Acquiring land and permits to build housing has never been the easiest task in Eastern Massachusetts, and many “easy sites” have already been built out. That leaves the places with expensive problems, including topographical or storm water challenges, said Levi Reilly, principal and director of development at real estate firm Marcus Partners. And lately, the regional boom in life sciences lab construction has skewed land pricing across the region.
“If you’re a landowner, and your site was large enough, you could say: I could sell for $100 a foot to a residential developer, or $300 a foot to a lab developer,” Reilly said, though he noted the region’s lab boom is undergoing “a dramatic softening.”
Price escalations started hitting Greater Boston’s commercial construction industry around fall 2020, with costs of commodities such as copper or stainless steel going “through the roof,” along with a shortage of both skilled labor and materials, said Bryan Northrop, executive vice president and general manager at Skanska USA Building in Boston.
“We’ve never, in my career, seen anything like this,” Northrop said. “We’re seeing three-plus years of escalation happening in a single year.”
Builders and developers are also considering a zoning policy change now under discussion in the city of Boston that would require all newly built properties over 20,000 square feet or with more than 15 residential units to be built to net zero emissions and LEED Gold standards. This would reduce buildings’ reliance on fossil fuels and prioritize electric and renewable energy, a practice some developers describe as “electrifying” buildings.
That change would tack on an additional 7 to 9 percent in construction costs, Northrop said, on top of all the other factors. All told, building an office tower — like the 17-story building Skanska opened in 2018 on Seaport Boulevard — will cost substantially more than it did just a few years ago.
“If we were to take 121 Seaport, escalate to building in today’s dollars and electrifying it, it would probably cost us about $276 million in construction, compared to $170 (million) that we built it for,” Northrop said.
Some large-scale developers and builders have taken to stockpiling materials on their construction sites or in nearby warehouses, hoping to avoid price fluctuations midproject.

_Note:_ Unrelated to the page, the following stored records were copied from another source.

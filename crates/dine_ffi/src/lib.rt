//! The proved rules for programs that are not Rattle: a plan, a world, a site or a builder, behind a handle of C.
#![tactic(auto)]

mod acts;
pub mod builder_calls;
pub mod contents;
mod copying;
pub mod event;
pub mod handle;
pub mod laws;
mod on_held;
mod own_builder;
mod own_plan;
mod own_site;
mod own_world;
mod periods;
pub mod plan_calls;
mod shelf;
pub mod site_calls;
pub mod slot;
mod status;
pub mod world_calls;
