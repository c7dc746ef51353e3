//! The calls of a plan.
ghost use Rattle.std.specs.Prelude.{◌≡◌, ◌≢◌, MatchOption, None, Some, length, pos};
ghost use Rattle.dine_graph.specs.Plan.{edge_count, hi_of, job_count, lo_of, name_of, site_count};
ghost use Rattle.dine_reader.specs.PlanOf.{IsPlanOf};
ghost use Rattle.dine_ffi.specs.Answers.{IsDoneOr, IsOkOr, IsWithin, closed, done, memory, open_already};
ghost use Rattle.dine_ffi.specs.Refusals.{IsRefusedFor, RefusalIs, plan_status};
ghost use Rattle.dine_ffi.specs.Contents.{HoldsPlan, OfHeld, OfPlan};
ghost use Rattle.dine_ffi.specs.Written.{over_front};
ghost use Rattle.dine_draft.specs.declared.plan_fault.PlanFault.{PlanFault as SeenFault};

use crate::contents::{Contents, Object};
use crate::handle::Handle;
use crate::on_held::on_held;
use crate::own_plan::{DineEnds, OwnPlan, write_refusal};
use crate::status::{CLOSED, DONE, MEMORY, OPEN_ALREADY, plan_status};
use std::alloc::Global;

/// Reads the plan whose text the bytes are. The handle, which is closed, holds it then.
#[unsafe(no_mangle)]
pub extern "C" fn dine_raw_plan_open(alloc: Global, text: &[u8], handle: &mut Handle) -> i64
    ensures plan { IsOkOr result (HoldsPlan (IsPlanOf text.now) handle.new.slot.held)
        (handle.new.slot.held ≡ handle.old.slot.held) }
    ensures open { handle.old.slot.held ≢ None → result ≡ open_already }
    ensures refused { handle.old.slot.held ≡ None → IsDoneOr result Unit
        ((fault : SeenFault) × IsRefusedFor text.now fault × (result ≡ plan_status fault)) }
{
    if handle.is_open() {
        return OPEN_ALREADY;
    }
    match OwnPlan::read(alloc, text) {
        Ok(plan) => open(alloc, Object::Plan(plan), handle),
        Err(fault) => plan_status(fault),
    }
}

/// Writes why the bytes are not the text of a plan, as `dine check` prints it: the number and the name of the first
/// cause, and the position that it names. Returns the number of its bytes, or 0 if they are the text of a plan. No more
/// are written than `out` has.
#[unsafe(no_mangle)]
pub extern "C" fn dine_raw_plan_refusal(alloc: Global, text: &[u8], out: &mut [u8]) -> i64
    ensures { RefusalIs text.now out.old out.new result }
{
    write_refusal(alloc, text, out)
}

// The handle, which is closed, holds this.
pub(crate) fn open(alloc: Global, object: Object, handle: &mut Handle) -> i64
    requires { handle.old.slot.held ≡ None }
    ensures handle { IsOkOr result (handle.new.slot.held ≡ Some (record { object = object }))
        (handle.new.slot.held ≡ handle.old.slot.held) }
    ensures memory { IsDoneOr result Unit (result ≡ memory) }
{
    match Box::new(alloc, Contents { object }) {
        Ok(contents) => {
            handle.put(contents);
            DONE
        }
        Err(_) => MEMORY,
    }
}

/// Closes a handle that holds anything, and frees its memory.
#[unsafe(no_mangle)]
pub extern "C" fn dine_raw_close(alloc: Global, handle: &mut Handle) -> i64
    ensures closed { handle.new.slot.held ≡ None }
    ensures answer { MatchOption handle.old.slot.held (result ≡ closed) (λ _. result ≡ done) }
{
    match handle.take(alloc) {
        Some(_) => DONE,
        None => CLOSED,
    }
}

/// Returns the version of the format of the plan's text, 1 or 2.
#[unsafe(no_mangle)]
pub extern "C" fn dine_raw_plan_version(alloc: Global, handle: &mut Handle) -> i64
    ensures same { handle.new.slot.held ≡ handle.old.slot.held }
    ensures answer { OfHeld handle.old.slot.held result
        (λ object. OfPlan object result (λ plan. result ≡ pos plan.version)) }
{
    on_held!(alloc, handle, Plan(plan) => i64::from(plan.plan().version()))
}

/// Returns the number of sites.
#[unsafe(no_mangle)]
pub extern "C" fn dine_raw_plan_sites(alloc: Global, handle: &mut Handle) -> i64
    ensures same { handle.new.slot.held ≡ handle.old.slot.held }
    ensures answer { OfHeld handle.old.slot.held result (λ object. OfPlan object result
        (λ plan. result ≡ pos (site_count plan))) }
{
    on_held!(alloc, handle, Plan(plan) => i64::from(plan.plan().sites()))
}

/// Returns the number of edges.
#[unsafe(no_mangle)]
pub extern "C" fn dine_raw_plan_edges(alloc: Global, handle: &mut Handle) -> i64
    ensures same { handle.new.slot.held ≡ handle.old.slot.held }
    ensures answer { OfHeld handle.old.slot.held result (λ object. OfPlan object result
        (λ plan. result ≡ pos (edge_count plan))) }
{
    on_held!(alloc, handle, Plan(plan) => i64::from(plan.plan().edges()))
}

/// Returns the number of jobs of the site.
#[unsafe(no_mangle)]
pub extern "C" fn dine_raw_plan_jobs(alloc: Global, handle: &mut Handle, site: u32) -> i64
    ensures same { handle.new.slot.held ≡ handle.old.slot.held }
    ensures answer { OfHeld handle.old.slot.held result (λ object. OfPlan object result
        (λ plan. IsWithin site (site_count plan) result (result ≡ pos (job_count plan site)))) }
{
    on_held!(alloc, handle, Plan(plan) => plan.jobs(site))
}

/// Writes the name of the site, and returns the number of its bytes. No more are written than `out` has.
#[unsafe(no_mangle)]
pub extern "C" fn dine_raw_plan_name(
    alloc: Global,
    handle: &mut Handle,
    site: u32,
    out: &mut [u8],
) -> i64
    ensures same { handle.new.slot.held ≡ handle.old.slot.held }
    ensures answer { OfHeld handle.old.slot.held result (λ object. OfPlan object result
        (λ plan. IsWithin site (site_count plan) result ((result ≡ pos (length (name_of plan site)))
        × (out.new ≡ over_front (name_of plan site) out.old)))) }
    ensures unwritten { IsDoneOr result Unit (out.new ≡ out.old) }
{
    on_held!(alloc, handle, Plan(plan) => plan.name(site, out))
}

/// Writes the two ends of the edge.
#[unsafe(no_mangle)]
pub extern "C" fn dine_raw_plan_ends(
    alloc: Global,
    handle: &mut Handle,
    edge: u32,
    out: &mut DineEnds,
) -> i64
    ensures same { handle.new.slot.held ≡ handle.old.slot.held }
    ensures answer { OfHeld handle.old.slot.held result (λ object. OfPlan object result
        (λ plan. IsWithin edge (edge_count plan) result ((result ≡ done)
        × (out.new ≡ record { lower = lo_of plan edge; higher = hi_of plan edge })))) }
    ensures unwritten { IsDoneOr result Unit (out.new ≡ out.old) }
{
    on_held!(alloc, handle, Plan(plan) => plan.ends(edge, out))
}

The HYM Investment Group has been doing that at Suffolk Downs, the 161-acre former horse track on the Revere-East Boston line where they aim to build 10,000 housing units and millions of square feet of commercial space in the coming years. In August, HYM and its partners National Real Estate Advisors and Cathexis landed a $150 million construction loan for the project’s first phase — one of just a handful of such loans that closed across the United States that month, said Tom O’Brien, founding partner at HYM.
“The construction lending market is frozen in the United States,” O’Brien said. “The regulatory authorities are putting pressure on banks to tighten up their lending standards, and to essentially do less.”
And doing less — less lending, and by extension less building — may ultimately give costs room to cool.